Exercise.
Go through the entries below and return every line that contains "list".

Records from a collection
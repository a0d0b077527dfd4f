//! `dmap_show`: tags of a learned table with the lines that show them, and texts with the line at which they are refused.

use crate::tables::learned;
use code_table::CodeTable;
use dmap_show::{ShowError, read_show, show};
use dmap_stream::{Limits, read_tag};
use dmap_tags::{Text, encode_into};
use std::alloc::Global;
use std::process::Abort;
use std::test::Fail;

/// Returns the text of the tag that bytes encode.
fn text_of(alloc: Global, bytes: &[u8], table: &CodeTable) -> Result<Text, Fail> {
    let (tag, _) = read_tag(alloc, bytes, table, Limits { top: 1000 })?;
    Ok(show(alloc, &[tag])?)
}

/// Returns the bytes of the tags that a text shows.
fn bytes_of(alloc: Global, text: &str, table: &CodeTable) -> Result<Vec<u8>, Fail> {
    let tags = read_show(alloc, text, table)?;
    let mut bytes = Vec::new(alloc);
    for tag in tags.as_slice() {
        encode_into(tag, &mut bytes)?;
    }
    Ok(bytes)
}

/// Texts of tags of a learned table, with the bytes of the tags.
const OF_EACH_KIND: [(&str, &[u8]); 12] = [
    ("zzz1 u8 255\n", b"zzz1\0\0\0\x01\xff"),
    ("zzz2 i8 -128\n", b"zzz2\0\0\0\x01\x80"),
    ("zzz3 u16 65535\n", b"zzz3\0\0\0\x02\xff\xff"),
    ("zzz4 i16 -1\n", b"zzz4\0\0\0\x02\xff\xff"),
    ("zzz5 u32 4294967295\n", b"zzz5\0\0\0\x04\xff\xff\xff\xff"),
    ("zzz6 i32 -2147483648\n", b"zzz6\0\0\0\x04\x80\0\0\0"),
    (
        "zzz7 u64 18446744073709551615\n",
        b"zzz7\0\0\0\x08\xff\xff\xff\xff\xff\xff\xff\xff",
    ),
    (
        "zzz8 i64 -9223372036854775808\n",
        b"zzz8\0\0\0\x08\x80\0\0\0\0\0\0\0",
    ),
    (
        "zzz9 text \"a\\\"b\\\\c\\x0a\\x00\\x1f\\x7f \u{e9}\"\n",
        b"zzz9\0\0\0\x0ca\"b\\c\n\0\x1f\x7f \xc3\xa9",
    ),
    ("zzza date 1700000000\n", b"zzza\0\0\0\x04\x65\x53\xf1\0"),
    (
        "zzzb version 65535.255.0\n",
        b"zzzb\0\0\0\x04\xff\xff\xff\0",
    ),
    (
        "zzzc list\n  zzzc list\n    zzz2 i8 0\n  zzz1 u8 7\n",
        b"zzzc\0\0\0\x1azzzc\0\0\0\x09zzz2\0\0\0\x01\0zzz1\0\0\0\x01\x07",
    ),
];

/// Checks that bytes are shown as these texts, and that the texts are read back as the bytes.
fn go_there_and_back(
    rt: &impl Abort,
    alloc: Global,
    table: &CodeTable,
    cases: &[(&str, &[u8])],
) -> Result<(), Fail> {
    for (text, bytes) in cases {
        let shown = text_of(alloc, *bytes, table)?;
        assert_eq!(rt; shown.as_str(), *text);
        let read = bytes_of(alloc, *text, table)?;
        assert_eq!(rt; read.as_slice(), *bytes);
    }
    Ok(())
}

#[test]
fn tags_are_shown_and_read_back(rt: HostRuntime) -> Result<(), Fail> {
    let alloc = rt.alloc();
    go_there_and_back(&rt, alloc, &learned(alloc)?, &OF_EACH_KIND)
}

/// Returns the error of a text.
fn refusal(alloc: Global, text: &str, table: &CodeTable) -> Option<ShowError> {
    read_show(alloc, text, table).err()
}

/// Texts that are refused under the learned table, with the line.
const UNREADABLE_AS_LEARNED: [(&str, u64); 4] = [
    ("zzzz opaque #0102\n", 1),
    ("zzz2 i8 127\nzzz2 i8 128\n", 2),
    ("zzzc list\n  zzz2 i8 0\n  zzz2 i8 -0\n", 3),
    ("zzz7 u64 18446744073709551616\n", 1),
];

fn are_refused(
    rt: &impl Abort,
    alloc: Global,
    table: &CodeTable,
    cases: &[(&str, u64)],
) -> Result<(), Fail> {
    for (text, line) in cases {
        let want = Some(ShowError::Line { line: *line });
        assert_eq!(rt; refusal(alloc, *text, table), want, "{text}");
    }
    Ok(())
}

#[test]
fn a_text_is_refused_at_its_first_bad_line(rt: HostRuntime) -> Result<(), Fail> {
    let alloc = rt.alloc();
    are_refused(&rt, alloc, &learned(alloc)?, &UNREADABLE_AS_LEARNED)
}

--

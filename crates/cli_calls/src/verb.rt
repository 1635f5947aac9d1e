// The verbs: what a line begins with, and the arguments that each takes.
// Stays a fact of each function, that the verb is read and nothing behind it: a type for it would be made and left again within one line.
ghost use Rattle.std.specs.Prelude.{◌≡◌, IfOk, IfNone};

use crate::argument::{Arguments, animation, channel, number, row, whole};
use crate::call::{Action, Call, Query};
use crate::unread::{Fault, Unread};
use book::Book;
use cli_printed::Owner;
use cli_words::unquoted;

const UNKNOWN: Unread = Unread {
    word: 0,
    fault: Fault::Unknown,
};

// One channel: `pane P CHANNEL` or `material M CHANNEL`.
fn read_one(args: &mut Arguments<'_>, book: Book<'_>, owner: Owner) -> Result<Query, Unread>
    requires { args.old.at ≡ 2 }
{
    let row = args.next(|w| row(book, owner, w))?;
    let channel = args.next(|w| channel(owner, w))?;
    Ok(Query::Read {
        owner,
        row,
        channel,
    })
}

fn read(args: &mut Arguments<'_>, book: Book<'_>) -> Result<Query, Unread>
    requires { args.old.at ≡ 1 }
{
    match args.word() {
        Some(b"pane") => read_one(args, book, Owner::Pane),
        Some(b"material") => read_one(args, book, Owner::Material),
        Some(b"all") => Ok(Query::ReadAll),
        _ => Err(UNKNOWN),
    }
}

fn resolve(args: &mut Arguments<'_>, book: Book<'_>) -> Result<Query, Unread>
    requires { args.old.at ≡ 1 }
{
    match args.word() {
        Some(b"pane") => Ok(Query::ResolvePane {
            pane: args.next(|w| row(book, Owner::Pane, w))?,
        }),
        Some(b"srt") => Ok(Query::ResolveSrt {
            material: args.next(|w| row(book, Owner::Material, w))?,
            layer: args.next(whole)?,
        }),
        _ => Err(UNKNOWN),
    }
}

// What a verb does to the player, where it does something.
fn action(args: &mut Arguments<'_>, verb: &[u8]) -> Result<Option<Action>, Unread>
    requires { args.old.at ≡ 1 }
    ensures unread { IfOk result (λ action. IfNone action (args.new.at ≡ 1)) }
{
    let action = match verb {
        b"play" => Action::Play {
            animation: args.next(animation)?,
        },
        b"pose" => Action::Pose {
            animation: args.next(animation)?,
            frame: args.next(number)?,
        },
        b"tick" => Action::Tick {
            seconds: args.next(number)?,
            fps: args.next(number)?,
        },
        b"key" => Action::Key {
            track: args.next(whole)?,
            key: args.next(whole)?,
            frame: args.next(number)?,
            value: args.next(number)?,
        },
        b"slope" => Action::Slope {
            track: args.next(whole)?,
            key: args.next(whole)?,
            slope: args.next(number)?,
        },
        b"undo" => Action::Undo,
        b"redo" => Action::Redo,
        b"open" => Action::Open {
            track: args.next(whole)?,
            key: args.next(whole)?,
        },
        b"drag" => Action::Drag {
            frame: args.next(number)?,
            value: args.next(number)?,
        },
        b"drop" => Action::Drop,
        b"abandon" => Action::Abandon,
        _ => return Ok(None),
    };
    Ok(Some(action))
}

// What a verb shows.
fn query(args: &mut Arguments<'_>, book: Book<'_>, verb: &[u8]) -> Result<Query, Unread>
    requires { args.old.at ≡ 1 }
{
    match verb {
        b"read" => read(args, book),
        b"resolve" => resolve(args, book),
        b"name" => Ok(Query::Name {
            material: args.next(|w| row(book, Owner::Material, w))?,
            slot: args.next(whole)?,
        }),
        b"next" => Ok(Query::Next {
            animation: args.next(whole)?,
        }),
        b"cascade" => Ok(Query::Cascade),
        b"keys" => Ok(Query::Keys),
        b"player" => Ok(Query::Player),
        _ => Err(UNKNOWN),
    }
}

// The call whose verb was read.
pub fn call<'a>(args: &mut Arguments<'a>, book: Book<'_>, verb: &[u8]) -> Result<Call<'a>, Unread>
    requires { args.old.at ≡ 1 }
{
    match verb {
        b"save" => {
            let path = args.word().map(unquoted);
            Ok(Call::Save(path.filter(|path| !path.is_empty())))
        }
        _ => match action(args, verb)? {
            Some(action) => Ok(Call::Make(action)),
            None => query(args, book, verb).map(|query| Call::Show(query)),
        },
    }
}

Finished exercise.
        "zzzc list\n  zzzc list\n    zzz2 i8 0\n  zzz1 u8 7\n",
    ("zzzc list\n  zzz2 i8 0\n  zzz2 i8 -0\n", 3),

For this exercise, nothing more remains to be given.